Vorteile offener Duschen

  • Größere Bewegungsfreiheit beim Duschen
  • Sicherer und komfortabler Ein- und Ausstieg
  • Hygienische Lösung und einfache Reinigung: keine versteckten Ablagerungen
  • Elegantes, zeitloses Design, das den Raum großzügiger erscheinen lässt
  • Eignen sich für barrierefreie Badezimmer

Tipps für die Planung einer bodenebenen Dusche

Bei einer Renovation handelt es sich beim Einbau einer bodengleichen Dusche stets um eine Umbaumaßnahme. Es gilt daher, vorgängig zu prüfen, ob die Voraussetzungen für einen Einbau überhaupt gegeben sind. Zentral dabei ist die Aufbauhöhe des Bodens, das heißt die Gesamtkonstruktion des sogenannten Estrichs, der neben dem Bodenbelag auch andere Schichten wie Wärmedämmung, Rohrleitungen für Fußbodenheizung usw. umfasst. Bei bodenebenen Duschen wird eine gewisse Mindesthöhe für den Siphon benötigt. Ist die Aufbauhöhe des Bodens kleiner als die Siphonhöhe, ist der Einbau unter Umständen nicht oder nur mit sehr aufwendigen und teuren Umbaumaßnahmen möglich.

1. Raumplanung: die richtige Größe

Bei komfortablen Duschen ist der Durchgang zum Duschbereich mindestens 80 Zentimeter breit und der Duschbereich selbst mindestens 90 x 90 Zentimeter groß. Je größer, desto komfortabler.

2. Nicht an der Duschwand sparen

Beim Duschen kann das Wasser erstaunlich weit aus dem eigentlichen Duschbereich herausspritzen. Insbesondere, wenn bei der Duschabtrennung gespart wurde. Nach dem Duschvergnügen ist dann ein weniger aufregendes Trockenlegen des Badezimmerbodens nötig. Aus diesem Grund empfiehlt es sich bei Walk-in-Duschen ohne Tür, die Duschwand so großzügig zu dimensionieren, wie es die räumlichen Verhältnisse erlauben. Denn je breiter die Duschabtrennung aus Glas, desto größer ist der vor Wasserspritzern geschützte Bereich.
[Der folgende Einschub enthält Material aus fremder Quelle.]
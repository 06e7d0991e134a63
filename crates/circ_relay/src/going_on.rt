//! How the places that a circuit keeps go on with its log, in a form that the check finds by itself: each
//! state after a call by an equation, and the word `PlacesGoOn`, which tactics leave whole.

ghost use Rattle.std.specs.Prelude.{◌≡◌, ◌≢◌, ◌<◌, ◌+◌, ℕ, List, length, position, IsTrue, IsFalse, Some, None};
ghost use Rattle.tor_spec.specs.RelayCell.{begin_command, data_command, end_command, sendme_command};
ghost use Rattle.tor_spec.specs.Extend.{Address};
ghost use Rattle.circuit_model.specs.Events.{Event};
ghost use Rattle.circuit_model.specs.declared.event.Event.TheVariants.{Connected, Data, Drained, Ended, Freed};
ghost use Rattle.circuit_model.specs.Rules.{Rules};
ghost use Rattle.circuit_model.specs.Log.{Log, Message, closing, is_closed};
ghost use Rattle.circuit_model.specs.declared.effects.Order.TheVariants.{Reach};
ghost use Rattle.circuit_model.specs.Places.{places};
ghost use Rattle.circuit_model.specs.Received.{message_at};
ghost use Rattle.circuit_model.specs.Effects.{effects_after};
ghost use Rattle.stream_edge.specs.PlacesState.{PlacesState, held_at, with_held};
ghost use Rattle.stream_edge.specs.Streams.{after_accepting, after_credit, after_draining, after_packaging, begun, is_free, may_drain};
ghost use Rattle.stream_edge.specs.declared.placed_stream.PlacedStream.{PlacedStream};
ghost use Rattle.circ_relay.specs.PlacesOfLog.{PlacesGoOn, is_edge_report};

use stream_edge::Phase;

/// With what the edge reports of a held stream.
pub fn places_go_on_with_reports()
    ensures connected { (state new : PlacesState) (rules : Rules) (log : Log) (place : ℕ) (h : PlacedStream) →
        held_at state place ≡ Some h → h.phase ≡ Phase.Reaching →
        new ≡ with_held state place (Some (record h { phase = Phase.Joined })) →
        PlacesGoOn state new rules log (Connected h.serial) }
    ensures bytes { (state new : PlacesState) (rules : Rules) (log : Log) (place : ℕ) (h : PlacedStream) (bytes : List ℕ) →
        held_at state place ≡ Some h → new ≡ with_held state place (Some (after_packaging h)) →
        PlacesGoOn state new rules log (Data h.serial bytes) }
    ensures drained { (state new : PlacesState) (rules : Rules) (log : Log) (place : ℕ) (h : PlacedStream) →
        held_at state place ≡ Some h → IsTrue (may_drain h) → new ≡ with_held state place (Some (after_draining h)) →
        PlacesGoOn state new rules log (Drained h.serial) }
    ensures ended { (state new : PlacesState) (rules : Rules) (log : Log) (place : ℕ) (h : PlacedStream) (reason : ℕ) →
        IsFalse (is_closed log) → held_at state place ≡ Some h →
        new ≡ with_held state place (Some (record h { phase = Phase.Ending })) →
        PlacesGoOn state new rules log (Ended h.serial reason) }
    ensures freed { (state new : PlacesState) (rules : Rules) (log : Log) (place : ℕ) (h : PlacedStream) →
        held_at state place ≡ Some h → new ≡ with_held state place None → PlacesGoOn state new rules log (Freed h.serial) }
{}

/// With the messages of a stream: an accepted BEGIN, and END, DATA and SENDME for a live one.
pub fn places_go_on_with_messages()
    ensures begin { (state new : PlacesState) (rules : Rules) (log : Log) (e : Event) (m : Message) (place id : ℕ) (to : Address)
        →
        message_at log e ≡ Some m → m.command ≡ begin_command →
        (effects_after rules log e).edge ≡ Some (Reach (record { stream = id; serial = length (places log) }) to) →
        position is_free state.streams ≡ Some place →
        new ≡ record (with_held state place (Some (begun id state.next_serial))) { next_serial = state.next_serial + 1 } →
        PlacesGoOn state new rules log e }
    ensures end { (state new : PlacesState) (rules : Rules) (log : Log) (e : Event) (m : Message) (place : ℕ) (h : PlacedStream) →
        held_at state place ≡ Some h → message_at log e ≡ Some m → m.command ≡ end_command → m.place ≡ Some h.serial →
        new ≡ with_held state place (Some (record h { phase = Phase.Ending })) → PlacesGoOn state new rules log e }
    ensures accepted { (state new : PlacesState) (rules : Rules) (log : Log) (e : Event) (m : Message) (place : ℕ) (h : PlacedStream) →
        held_at state place ≡ Some h → message_at log e ≡ Some m → m.command ≡ data_command → m.place ≡ Some h.serial →
        new ≡ with_held state place (Some (after_accepting h)) → PlacesGoOn state new rules log e }
    ensures credited { (state new : PlacesState) (rules : Rules) (log : Log) (e : Event) (m : Message) (place : ℕ) (h : PlacedStream) →
        held_at state place ≡ Some h → message_at log e ≡ Some m → m.command ≡ sendme_command → 0 < m.stream →
        m.place ≡ Some h.serial →
        new ≡ with_held state place (Some (after_credit h)) → PlacesGoOn state new rules log e }
{}

/// With every other event, by which they stay as they are.
pub fn places_go_on_with_other_events()
    ensures no_message { (state : PlacesState) (rules : Rules) (log : Log) (e : Event) → message_at log e ≡ None →
        IsFalse (is_edge_report e) → PlacesGoOn state state rules log e }
    ensures no_place { (state : PlacesState) (rules : Rules) (log : Log) (e : Event) (m : Message) → message_at log e ≡ Some m →
        m.command ≢ begin_command → m.place ≡ None → PlacesGoOn state state rules log e }
    ensures other_command { (state : PlacesState) (rules : Rules) (log : Log) (e : Event) (m : Message) →
        message_at log e ≡ Some m →
        m.command ≢ begin_command → m.command ≢ data_command → m.command ≢ end_command → m.command ≢ sendme_command →
        PlacesGoOn state state rules log e }
    ensures refused { (state : PlacesState) (rules : Rules) (log : Log) (e : Event) (m : Message) → message_at log e ≡ Some m →
        m.command ≡ begin_command →
        (effects_after rules log e).edge ≡ None → PlacesGoOn state state rules log e }
    ensures closing { (state : PlacesState) (rules : Rules) (log : Log) (e : Event) (m : Message) (reason : ℕ) →
        message_at log e ≡ Some m →
        effects_after rules log e ≡ closing reason → PlacesGoOn state state rules log e }
{}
3. Duschfläche oder Fliesen?

Bei begehbaren Duschen kommen sowohl Duschflächen als auch Fliesen infrage.

Duschflächen oder Duschwannen lassen sich bodengleich einbauen. Es gibt sie mittlerweile in unterschiedlichen Farb- und Materialvariationen. Duschflächen aus Mineralwerkstoffen beispielsweise fühlen sich im Gegensatz zu Metall, Glas oder Keramik angenehm warm und sanft an.

Geflieste Duschen sorgen für eine durchgängige Gestaltung des Raums. Sie lassen sich beinahe grenzenlos individualisieren und bieten große Gestaltungsfreiheit. In kleinen Bädern können begehbare Duschen zudem als Nutzfläche dienen. Wenn es um die Fliesengröße geht, punkten großformatige Platten durch weniger Fugen und damit eine einfache Reinigung.

4. Rutschfest: Auf Nummer sicher gehen

Zentral bei der Planung einer bodenebenen Dusche sind die Beschaffenheit des Bodens sowie die Platzierung des Ablaufs. Wer einmal in einer Dusche ausgerutscht ist, weiß, wie wichtig eine Bodenfläche ist, die den Füßen auch bei seifiger Nässe sicheren Halt bietet. Achten Sie beim Kauf auf trittsichere Fliesen oder eine Duschfläche aus rutschfesten Materialien.

Da beim Duschen niemand gerne auf dem Ablauf steht, empfiehlt es sich, diesen entweder am Boden möglichst nahe an der Wand oder als Wandablauf direkt in der Wand zu platzieren.

Bodenebene Dusche mit Wandnische

5. Wandnische schafft Stauraum

Gerade in Familienbädern sammeln sich viele Shampoos und Duschmittel an. Praktische Abhilfe sowie Stauraum schafft eine Wandnische, in der die verschiedenen Flaschen und Tuben verstaut werden können. So ist alles aus dem Weg – auch bei der Reinigung.

6. Bodengleiche Dusche im barrierefreien Bad

Für eine hindernisfreie Dusche muss die Duschfläche mindestens 90 x 110 Zentimeter groß sein.

Für ältere Menschen oder Menschen mit körperlichen Einschränkungen erleichtern Haltegriffe sowie ein Klappsitz oder eine Duschbank das Duschen. Außerdem darauf achten, dass die Armaturen sowie der Duschkopf auch aus sitzender Position erreichbar sind und verstellt werden können.

Als Lösung für die Entwässerung von freistehenden Duschen eignen sich Duschrinnen oder Wandabläufe. Für einen optimalen Ablauf sollte das Gefälle maximal 2 Prozent betragen.